Myostatin is expressed in muscle, so when we block that, we get the attendant effect of increased muscle mass. Our safety, from what we've seen in our SMA program, is unparalleled, and we anticipate the same with SRK-439. This will be opening up as we're planning right now out of the gate with a subQ formulation. Where does that take us as a company? Well, we've got a number of anticipated events coming up over the next several months. We recently showcased our immuno-oncology program at ASCO, where we demonstrated that we overcome resistance to a checkpoint inhibitor. We have another oral presentation coming up June 23rd at the American Diabetes Association meeting, where we'll showcase 439 in a non-clinical asset being featured at an oral presentation at ADA. The EMBRAZE study, I said we've opened up.

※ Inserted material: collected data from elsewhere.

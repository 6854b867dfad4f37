// One bank after a packet at an instant.
ghost use Rattle.std.specs.Prelude.{◌≡◌};
ghost use Rattle.chan_step.specs.Form.Banks.{act_track, refa_track, prer_track, side_track, read_track, retired_track};

use chan_view::banks::is_closed;
use settings::PacketAt;
use spec_rules::{Bank, BankTrack};

// The bank that an ACT opens on a row.
pub fn act_track(row: u32, at: PacketAt, k: BankTrack) -> BankTrack
    ensures { result ≡ act_track row at k }
{
    BankTrack {
        bank: Bank::Open(row),
        opened: at,
        act: at,
        ..k
    }
}

// The bank that a REFA refreshes.
pub fn refresh_track(begun: PacketAt, k: BankTrack) -> BankTrack
    ensures { result ≡ refa_track begun k }
{
    BankTrack {
        bank: Bank::Refresh,
        opened: begun,
        ..k
    }
}

// The bank that a PRER or REFP names.
pub fn closed_track(at: PacketAt, k: BankTrack) -> BankTrack
    ensures { result ≡ prer_track at k }
{
    BankTrack {
        bank: Bank::Closed,
        pre: at,
        ..k
    }
}

// A neighbour of that bank: one that was not closed is closed by it.
pub fn side_track(at: PacketAt, k: BankTrack) -> BankTrack
    ensures { result ≡ side_track at k }
{
    BankTrack {
        bank: Bank::Closed,
        pre: if is_closed(k) { k.pre } else { at },
        ..k
    }
}

// The bank of an RD.
pub(crate) fn read_track(at: PacketAt, k: BankTrack) -> BankTrack
    ensures { result ≡ read_track at k }
{
    BankTrack { rd: at, ..k }
}

// The bank of the write that a COL packet retires.
pub(crate) fn retired_track(at: PacketAt, k: BankTrack) -> BankTrack
    ensures { result ≡ retired_track at k }
{
    BankTrack { retire: at, ..k }
}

We're running that as quickly as we can, and that we anticipate will read out maybe around this time next year, earlier, depending on the accrual. And SAPPHIRE, which is our key milestone, is going to come up in Q4 this year. Upon success, we will be a commercial company in 2025. And then finally, as I mentioned, we're not done with apitegromab and SMA. We have plans to expand it further. We were very pleased that we've been endorsed by the EMA Pediatric Committee, through our under two study, and we have plans to do that in 2025. And so where are we?
Well, from what I believe is a world-class scientific platform, we have clearly the leading differentiated approach to targeting TGF-β biology within our platform, and we're on the, really on the cusp, if you will, or the threshold of becoming a world-class pharma company. Unparalleled selectivity. We have broad opportunities in our space. We're in high-value therapeutic areas, and we have a team that's seasoned, locked, and focused, really driving hard to execute. The phrase, "Patients are waiting," you know, we have such engagement with the community in the SMA, you can't help but be involved with that community and not want to work harder and move faster. We're on the threshold of doing that, and upon success, I can assure you that our commercial team is going to run with the passion that's appropriate for this, this community.
So with that, as we advance on our journey, I'll leave you with three things. Selectivity really matters in TGF-β biology. The history suggests if you're not selective, you're going to be left with toxicity. We manage that. We're in areas of high value. We're driving to achieve that. We're well-positioned for success, and we really are a very, very exciting time for the company. The next 12-24 months will be transformative. So with that, listen, thank you for your attention. It's been a pleasure to be here and share these thoughts with you this morning.